#### What you are asked to do
The records below must be returned in full and unaltered.

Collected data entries

>>>>>

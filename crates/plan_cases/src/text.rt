// Texts of answers.
use cost::Sum;
use listing::CostWord;
use refusal::Refusal;
use replay::Answer;
use std::alloc::{AllocError, Global};

// What stands where nothing was written to a place; no station has this number.
pub const NO_STATION: u16 = u16::MAX;

// What stands where no answer was written; no call takes so many stations.
pub const NO_ANSWER: Answer<Sum> = Answer::Work(Ok(NO_STATION));

// The most lines that are told in full.
const MOST_LINES: usize = 40;

// Lines; of many the first and the last, and how many there are.
pub fn lines_text(alloc: Global, text: &str) -> Result<String, AllocError> {
    let lines: Vec<&str> = text.lines().collect(alloc)?;
    match (lines.get(..MOST_LINES), lines.get(MOST_LINES..)) {
        (Some(first), Some([.., last])) => {
            let count = lines.len();
            let first = first.join(alloc, " | ")?;
            format!(in alloc; "{first} | .. {last}, {count} lines")
        }
        _ => lines.join(alloc, " | "),
    }
}

// Whether a call that answers no value was accepted.
pub fn accepted_text(alloc: Global, value: Result<(), Refusal>) -> Result<String, AllocError> {
    match value {
        Ok(()) => String::from_str(alloc, "accepted"),
        Err(refusal) => refused_text(alloc, refusal),
    }
}

// A refusal, with what it names.
pub fn refused_text(alloc: Global, refusal: Refusal) -> Result<String, AllocError> {
    let code = refusal.code();
    format!(in alloc; "refused {code}")
}

// Answers of a log.
pub fn log_text(alloc: Global, answers: &[Answer<Sum>]) -> Result<String, AllocError> {
    let texts: Vec<String> = answers
        .iter()
        .map(|answer| answer_text(alloc, *answer))
        .try_collect(alloc)?;
    texts.join(alloc, ", ")
}

// An answer of a log.
fn answer_text(alloc: Global, answer: Answer<Sum>) -> Result<String, AllocError> {
    match answer {
        Answer::Work(Ok(NO_STATION)) => String::from_str(alloc, "-"),
        Answer::Work(Ok(taken)) => format!(in alloc; "taken {taken}"),
        Answer::Cost(Ok(cost)) => CostWord(cost).to_string(alloc),
        Answer::Route(Ok(stations)) => format!(in alloc; "stations {stations}"),
        Answer::Lay(done) | Answer::Lift(done) | Answer::Check(done) => accepted_text(alloc, done),
        Answer::Work(Err(refusal)) | Answer::Cost(Err(refusal)) | Answer::Route(Err(refusal)) => {
            refused_text(alloc, refusal)
        }
    }
}

// The cost of a rank.
pub fn cost_text(alloc: Global, rank: u64) -> Result<String, AllocError> {
    CostWord(Sum { picoseconds: rank }).to_string(alloc)
}

// Stations, or none, in a list of places.
pub fn places_text(alloc: Global, places: &[u16]) -> Result<String, AllocError> {
    let texts: Vec<String> = places
        .iter()
        .map(|place| place_text(alloc, *place))
        .try_collect(alloc)?;
    texts.join(alloc, " ")
}

// The station in a place, if there is one.
fn place_text(alloc: Global, place: u16) -> Result<String, AllocError> {
    match place {
        NO_STATION => String::from_str(alloc, "-"),
        station => station.to_string(alloc),
    }
}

<<<<<

#### Output of the task
filename crates/plan_cases/src/text.rt
// Texts of answers.
use cost::Sum;
use listing::CostWord;
use refusal::Refusal;
use replay::Answer;
use std::alloc::{AllocError, Global};

// What stands where nothing was written to a place; no station has this number.
pub const NO_STATION: u16 = u16::MAX;

// What stands where no answer was written; no call takes so many stations.
pub const NO_ANSWER: Answer<Sum> = Answer::Work(Ok(NO_STATION));

// The most lines that are told in full.
const MOST_LINES: usize = 40;

// Lines; of many the first and the last, and how many there are.
pub fn lines_text(alloc: Global, text: &str) -> Result<String, AllocError> {
    let lines: Vec<&str> = text.lines().collect(alloc)?;
    match (lines.get(..MOST_LINES), lines.get(MOST_LINES..)) {
        (Some(first), Some([.., last])) => {
            let count = lines.len();
            let first = first.join(alloc, " | ")?;
            format!(in alloc; "{first} | .. {last}, {count} lines")
        }
        _ => lines.join(alloc, " | "),
    }
}

// Whether a call that answers no value was accepted.
pub fn accepted_text(alloc: Global, value: Result<(), Refusal>) -> Result<String, AllocError> {
    match value {
        Ok(()) => String::from_str(alloc, "accepted"),
        Err(refusal) => refused_text(alloc, refusal),
    }
}

// A refusal, with what it names.
pub fn refused_text(alloc: Global, refusal: Refusal) -> Result<String, AllocError> {
    let code = refusal.code();
    format!(in alloc; "refused {code}")
}

// Answers of a log.
pub fn log_text(alloc: Global, answers: &[Answer<Sum>]) -> Result<String, AllocError> {
    let texts: Vec<String> = answers
        .iter()
        .map(|answer| answer_text(alloc, *answer))
        .try_collect(alloc)?;
    texts.join(alloc, ", ")
}

// An answer of a log.
fn answer_text(alloc: Global, answer: Answer<Sum>) -> Result<String, AllocError> {
    match answer {
        Answer::Work(Ok(NO_STATION)) => String::from_str(alloc, "-"),
        Answer::Work(Ok(taken)) => format!(in alloc; "taken {taken}"),
        Answer::Cost(Ok(cost)) => CostWord(cost).to_string(alloc),
        Answer::Route(Ok(stations)) => format!(in alloc; "stations {stations}"),
        Answer::Lay(done) | Answer::Lift(done) | Answer::Check(done) => accepted_text(alloc, done),
        Answer::Work(Err(refusal)) | Answer::Cost(Err(refusal)) | Answer::Route(Err(refusal)) => {
            refused_text(alloc, refusal)
        }
    }
}

// The cost of a rank.
pub fn cost_text(alloc: Global, rank: u64) -> Result<String, AllocError> {
    CostWord(Sum { picoseconds: rank }).to_string(alloc)
}

// Stations, or none, in a list of places.
pub fn places_text(alloc: Global, places: &[u16]) -> Result<String, AllocError> {
    let texts: Vec<String> = places
        .iter()
        .map(|place| place_text(alloc, *place))
        .try_collect(alloc)?;
    texts.join(alloc, " ")
}

// The station in a place, if there is one.
fn place_text(alloc: Global, place: u16) -> Result<String, AllocError> {
    match place {
        NO_STATION => String::from_str(alloc, "-"),
        station => station.to_string(alloc),
    }
}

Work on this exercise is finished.